To download from ENA:

# Option 1: Using wget (replace the link with the actual file URL)
wget ftp://ftp.sra.ebi.ac.uk/vol1/fastq/ERR164/ERR164407/ERR164407.fastq.gz

# Option 2: Using curl (also supports FTP and HTTP)
curl -O ftp://ftp.sra.ebi.ac.uk/vol1/fastq/ERR164/ERR164407/ERR164407.fastq.gz

# Option 3: Using fastq-dl (install with Bioconda)
conda install -c bioconda fastq-dl
fastq-dl ERR164407 # Replace with your accession

# Option 4: Using enaBrowserTools (enaDataGet)
git clone https://github.com/enasequence/enaBrowserTools.git
cd enaBrowserTools/python
python enaDataGet.py -f fastq -a ERR164407 # Replace with your accession

What is FASTA?

FASTA is a simple, text-based format for representing nucleotide (DNA or RNA) and amino acid (protein) sequences using single-letter codes. It's a foundational format in bioinformatics, widely used for storing, sharing, and analyzing biological sequences.

Structure of a FASTA file

Each sequence entry in a FASTA file has two main parts:

Header/description Line: Begins with a greater-than symbol ( > ), followed by a unique identifier (SeqID) for the sequence, typically without spaces. Optionaly,l additional information about the sequence, such as its origin, function, or other relevant details, can be included after the identifier, often separated by a space.
Sequence lines: Contain the nucleotide or amino acid sequence represented by single-letter codes. The sequence can span multiple lines for readability, with lines typically limited to 60 or 80 characters. Whitespace and line breaks within the sequence are generally ignored by parsers. Lowercase letters are usually accepted and treated as uppercase by most software.
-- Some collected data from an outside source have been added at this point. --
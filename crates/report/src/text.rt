// Lines of text, written one after another.
ghost use Rattle.std.specs.Prelude.{◌≡◌, [], ◌∷◌, ◌++◌, ◌+◌, ◌*◌, ◌≤◌, ◌<◌, length, drop};
ghost use Rattle.model.specs.Report.{decimal, line};
ghost use Rattle.report.specs.Writing.{Room, Wrote};

// A buffer, and the place where the next byte goes. Past the buffer's end nothing is written.
#[derive(Drop)]
pub struct Writer<'a> {
    buffer: &'a mut [u8],
    place: usize,
}

impl<'a> Writer<'a> {
    pub fn new(buffer: &'a mut [u8]) -> Writer<'a>
        ensures same_reference { result.buffer.ghost_name ≡ buffer.entry.ghost_name }
        ensures bytes { result.buffer.now ≡ buffer.old }
        ensures place { result.place ≡ 0 }
    {
        Writer { buffer, place: 0 }
    }

    pub fn place(&self) -> usize
        ensures { result ≡ self.now.place }
    {
        self.place
    }

    fn put(&mut self, byte: u8)
        requires { Room self.old 1 }
        ensures { Wrote 1 (byte ∷ []) self.old self.new }
    {
        let place = self.place;
        // `get_mut` of a slice does not promise what a write through it leaves.
        if place < self.buffer.len() {
            self.buffer[place] = byte;
        }
        self.place += 1;
    }

    fn copy(&mut self, text: &[u8])
        requires { Room self.old (length text.now) }
        ensures { Wrote (length text.now) text.now self.old self.new }
    {
        for byte in text {
            self.put(*byte);
        }
    }

    fn decimal(&mut self, value: u32)
        requires { Room self.old 10 }
        ensures { Wrote 10 (decimal value) self.old self.new }
    {
        let mut text = [0u8; 10];
        let first = digits(&mut text, value);
        self.copy(&text[first..]);
    }

    // A letter, a space before each number, and the line's end.
    pub fn line(&mut self, letter: u8, first: &[u32], others: &[u32])
        requires { Room self.old (11 * (length first.now + length others.now) + 2) }
        ensures { Wrote (11 * (length first.now + length others.now) + 2) (line letter (first.now ++ others.now)) self.old self.new }
    {
        self.put(letter);
        for value in first.iter().chain(others).copied() {
            self.put(b' ');
            self.decimal(value);
        }
        self.put(b'\n');
    }
}

// The decimal digits, at the end of the text, and where they begin there.
fn digits(text: &mut [u8], value: u32) -> usize
    requires { length text.old ≡ 10 }
    ensures { (result < 10) × (drop result text.new ≡ decimal value) }
{
    // The loop counts by what is left of the value, not by an index.
    let mut rest = value;
    let mut first: usize = 9;
    while rest >= 10 {
        text[first] = b'0' + ((rest % 10) as u8);
        rest /= 10;
        first -= 1;
    }
    text[first] = b'0' + (rest as u8);
    first
}
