//! A handle of a log in a database: one session of the database's client.
//!
//! What the server keeps is known to no contract, so `contents` claims nothing here. What is proved is what each call
//! asks, byte for byte, what of the reply it reads, and what it makes of where the handle stands.

ghost use Rattle.std.specs.Prelude.{◌≡◌, ◌≢◌, ◌+◌, ◌*◌, ◌<◌, ◌≤◌, ◌⊎◌, ◌∷◌, [], Ok, Err, Some, None, true, false};
ghost use Rattle.std.specs.Prelude.{IfOk, IfErr, IfSome, OnOk, OnErr, IsTrue, codes, length, nat_lt, string_bytes};
ghost use Rattle.std.specs.Io.KnownBytes.{Appends};
ghost use Rattle.iceoryx2_log.specs.declared.entry.Operation.TheVariants as operation;
ghost use Rattle.iceoryx2_log.specs.declared.log.LogError.TheVariants as error;
ghost use Rattle.iceoryx2_log.specs.Log.{is_shown};
ghost use Rattle.iceoryx2_postgres_log.specs.declared.fault.PostgresFault.TheVariants as fault;
ghost use Rattle.iceoryx2_postgres_log.specs.declared.postgres_log.Mode.TheVariants as way;
ghost use Rattle.iceoryx2_postgres_log.specs.Compacting.{IsCompacted, Leaves};
ghost use Rattle.iceoryx2_postgres_log.specs.Faults.{is_over_by, log_error_of};
ghost use Rattle.iceoryx2_postgres_log.specs.First.{Shows, ShowsMark, IsDamaged};
ghost use Rattle.iceoryx2_postgres_log.specs.Hearing.{IsOpened, IsHeld, IsBusy, IsFreed, IsLook};
ghost use Rattle.iceoryx2_postgres_log.specs.Names.{IsLogName};
ghost use Rattle.iceoryx2_postgres_log.specs.Patience.{lock_wait};
ghost use Rattle.iceoryx2_postgres_log.specs.Questions as text;
ghost use Rattle.iceoryx2_postgres_log.specs.Replies.{Asks};
ghost use Rattle.iceoryx2_postgres_log.specs.Handle as spec;
ghost use Rattle.iceoryx2_postgres_log.specs.Handle.{IsErrorOf, ReadsOn, Appended, RefusesAppend, Rejoined};
ghost use Rattle.iceoryx2_postgres_log.specs.Handle.{MayAppend};

mod again;
mod reading;

use crate::compacting::ask_compact;
use crate::fault::{PostgresFault, log_error};
use crate::first::{first_of, is_mark};
use crate::hearing::{ask_append, ask_hold, ask_look, ask_opened, ask_pause, form_of};
use crate::line::Line;
use crate::name::is_log_name;
use crate::patience::lock_wait;
use crate::piece::Piece;
use crate::question::{END, opening};
use crate::row::Row;
use crate::standing::Standing;
use iceoryx2_log::entry::Entry;
use iceoryx2_log::log::{Log, LogError};
use std::alloc::Global;
use std::collections::VecDeque;
use std::io::{BufRead, Write};

/// From how many entries on a compaction may be worth it.
const LONG: u64 = 1024;

/// How many entries later a compaction is tried again that was put off.
const LATER: u64 = 1024;

/// How long one pause takes, in milliseconds.
const PAUSE_MILLIS: u64 = 5;

/// How a handle stands to its log.
#[derive(Clone, Copy, Debug, PartialEq, Eq)]
pub enum State {
    /// It neither holds the log nor looks at it.
    Free,
    /// It holds the log: no other handle appends.
    Held,
    /// It has measured how far the log goes, and reads what stood then.
    Looked,
    /// It asks nothing any more: `PostgresLog::fault` says why. A new handle, in a new session, reads what stands.
    Over,
}

/// What a handle last asked of its log.
#[derive(Clone, Copy, Debug, PartialEq, Eq)]
pub enum Mode {
    Free,
    Held,
    Looked,
}

/// A handle of a log in a database.
pub struct PostgresLog<R, W> {
    alloc: Global,
    questions: W,
    replies: R,
    name: String,
    /// For how long a wait for the log lasts, in milliseconds.
    patience_millis: u64,
    at: Standing,
    mode: Mode,
    /// The number of the last entry that there was when the log was held or looked at last.
    until: u64,
    /// The rows behind the place that were told and aren't taken over.
    ahead: VecDeque<Row>,
    /// Whether `next` has shown the entry of the first of them.
    is_shown: bool,
    /// Why the last call was refused that was, except for a compaction that was declined.
    fault: Option<PostgresFault>,
    /// The number of entries from which the next compaction is tried.
    tries_from: u64,
}

// Written out, so that a proof of what lets one go doesn't take its fields apart.
impl<R: Drop, W: Drop> Drop for PostgresLog<R, W> {
    fn drop(self) {
        let PostgresLog {
            alloc: _,
            questions: _,
            replies: _,
            name: _,
            patience_millis: _,
            at: _,
            mode: _,
            until: _,
            ahead: _,
            is_shown: _,
            fault: _,
            tries_from: _,
        } = self;
    }
}

/// From how many entries on the first compaction is tried behind a snapshot of so many.
fn first_tried(snapshot: u64) -> u64
    ensures { result ≡ spec.first_tried snapshot }
{
    snapshot.saturating_add(1).saturating_mul(8)
}

/// From how many entries on a compaction to so many is worth it.
fn worth(count: u64) -> u64
    ensures { result ≡ spec.worth count }
{
    count.saturating_mul(8)
}

impl<R: BufRead, W: Write> PostgresLog<R, W> {
    /// A handle of the log of this name, before the first entry of its current generation. The log is made where there
    /// is none and `makes` says so: else `NoLog`. Nothing is held. `patience_millis` is for how long a call waits for
    /// others, in milliseconds. `BadName` before anything is asked. `AnotherVersion` where the tables are another's.
    pub fn open(
        alloc: Global,
        name: &str,
        patience_millis: u64,
        makes: bool,
        mut questions: W,
        mut replies: R,
    ) -> Result<PostgresLog<R, W>, PostgresFault>
    where
        R: Drop,
        W: Drop,
        ensures opens { IfOk result (λ log. IsOpened (text.opening name.now makes (lock_wait patience_millis)) log.at
            (W.contents questions) (W.contents log.questions) (R.remaining replies) (R.remaining log.replies)) }
        ensures name { OnOk result (IsLogName name.now) }
        ensures first { IfOk result (λ log. (log.mode ≡ way.Free) × (log.ahead.items ≡ []) × (log.fault ≡ None)
            × (string_bytes log.name ≡ name.now) × (log.tries_from ≡ spec.first_tried log.at.snapshot)) }
    {
        if !is_log_name(name) {
            return Err(PostgresFault::BadName);
        }
        let own = format!(in alloc; "{name}")?;
        let question = opening(alloc, name, makes, lock_wait(patience_millis))?;
        match ask_opened(alloc, question.as_bytes(), &mut questions, &mut replies) {
            Err(why) => Err(why),
            Ok(None) => Err(PostgresFault::NoLog),
            Ok(Some(at)) => Ok(PostgresLog {
                alloc,
                questions,
                replies,
                name: own,
                patience_millis,
                mode: Mode::Free,
                until: 0,
                ahead: VecDeque::new(alloc),
                is_shown: false,
                fault: None,
                tries_from: first_tried(at.snapshot),
                at,
            }),
        }
    }
}

impl<R, W> PostgresLog<R, W> {
    /// What its memory comes from.
    pub fn alloc(&self) -> Global
        ensures { result ≡ self.now.alloc }
    {
        self.alloc
    }

    /// Where its questions are written.
    pub fn questions(&self) -> &W
        ensures { result.now ≡ self.now.questions }
    {
        &self.questions
    }

    /// With which number the counter of services begins in the generation where the handle stands.
    pub fn counter(&self) -> u64
        ensures { result ≡ self.now.at.counter }
    {
        self.at.counter
    }

    /// The number of the last entry that was taken over or appended in this generation: 0 before the first one.
    pub fn number(&self) -> u64
        ensures { result ≡ self.now.at.number }
    {
        self.at.number
    }

    /// In which generation of the log the handle stands.
    pub fn generation(&self) -> u64
        ensures { result ≡ self.now.at.generation }
    {
        self.at.generation
    }

    /// What the server tells of the last entry that was taken over or appended: its number, a space, and the sum of all
    /// rows up to it.
    pub fn place(&self) -> &[u8]
        ensures { result.now ≡ self.now.at.place }
    {
        self.at.place.as_slice()
    }

    pub fn state(&self) -> State
        ensures { result ≡ spec.state_of (spec.is_over self.now.fault) self.now.mode }
    {
        if self.why_over().is_some() {
            return State::Over;
        }
        match self.mode {
            Mode::Free => State::Free,
            Mode::Held => State::Held,
            Mode::Looked => State::Looked,
        }
    }

    /// Why the last call was refused that was, except for a compaction that was declined.
    pub fn fault(&self) -> Option<PostgresFault>
        ensures { result ≡ self.now.fault }
    {
        self.fault
    }

    /// Why nothing is asked any more, where that is so.
    fn why_over(&self) -> Option<PostgresFault>
        ensures over { IfSome result (λ why. (self.now.fault ≡ Some why) × (is_over_by why ≡ true)) }
        ensures on { result ≡ None → spec.is_over self.now.fault ≡ false }
    {
        match self.fault {
            None => None,
            Some(why) => {
                if why.is_over() {
                    return Some(why);
                }
                None
            }
        }
    }

    /// Keeps why a call was refused, and tells the same as a log's error.
    fn refuse(&mut self, why: PostgresFault) -> LogError
        ensures answer { result ≡ log_error_of why }
        ensures kept { self.new ≡ record self.old { fault = Some why } }
        ensures busy { result ≡ error.Busy → why ≡ fault.Busy }
        ensures memory { result ≡ error.OutOfMemory → why ≡ fault.OutOfMemory }
        ensures moved { result ≡ error.Moved → why ≡ fault.Moved }
        ensures damaged { result ≡ error.Damaged → spec.IsDamage why }
    {
        self.fault = Some(why);
        log_error(why)
    }

    /// Goes on with what was read.
    fn take(&mut self, piece: Piece, next: Mode)
        ensures { self.new ≡ record self.old {
          mode = next;
          until = piece.last;
          ahead = piece.rows;
          is_shown = false;
        } }
    {
        let (last, rows) = piece.into_parts();
        self.mode = next;
        self.until = last;
        self.ahead = rows;
        self.is_shown = false;
    }

    /// Why nothing is appended and nothing compacted, where that is so.
    fn why_unready(&self) -> Option<PostgresFault>
        ensures may { result ≡ None
            → MayAppend self.now.fault self.now.mode self.now.ahead.items self.now.at.number self.now.until }
        ensures over { spec.is_over self.now.fault ≡ true → result ≡ self.now.fault }
    {
        if let Some(why) = self.why_over() {
            return Some(why);
        }
        if self.mode != Mode::Held {
            return Some(PostgresFault::NotHeld);
        }
        if !self.ahead.is_empty() {
            return Some(PostgresFault::Unread);
        }
        if self.at.number != self.until {
            return Some(PostgresFault::Unread);
        }
        None
    }
}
Here's the FASTQ example from earlier converted to FASTA:

> SEQ_ID
GATTTGGGGTTCAAAGCAGTATCGATCAAATAGTAAATCCATTTGTTCAACTCACAGTTT

FASTA is widely used for reference genomes, gene databases, and applications where quality scores are not required.

The same sequence converted to FASTA format:

>SRR123456.1 HWI-ST1234:100:C1234ACXX:1:1101:1000:2000 1:N:0:ATCACG
GATTTGGGGTTCAAAGCAGTATCGATCAAATAGTAAATCCATTTGTTCAACTCACAGTTT

FAQ

Can you convert FASTA to FASTQ?

Converting a FASTA file to a true FASTQ file with accurate quality scores is not possible., because FASTA files miss the information about quality scores for each nucleotide, representing the confidence level of the base calling.

The quality score information is not present in FASTA files, and thus, cannot be added to create a legitimate FASTQ file during conversion.

However, if you need a FASTQ file for a tool that requires this format, you can generate a FASTQ file with dummy quality scores. This is often done if you are confident about the quality of the sequence data, such as after filtering out low-quality reads.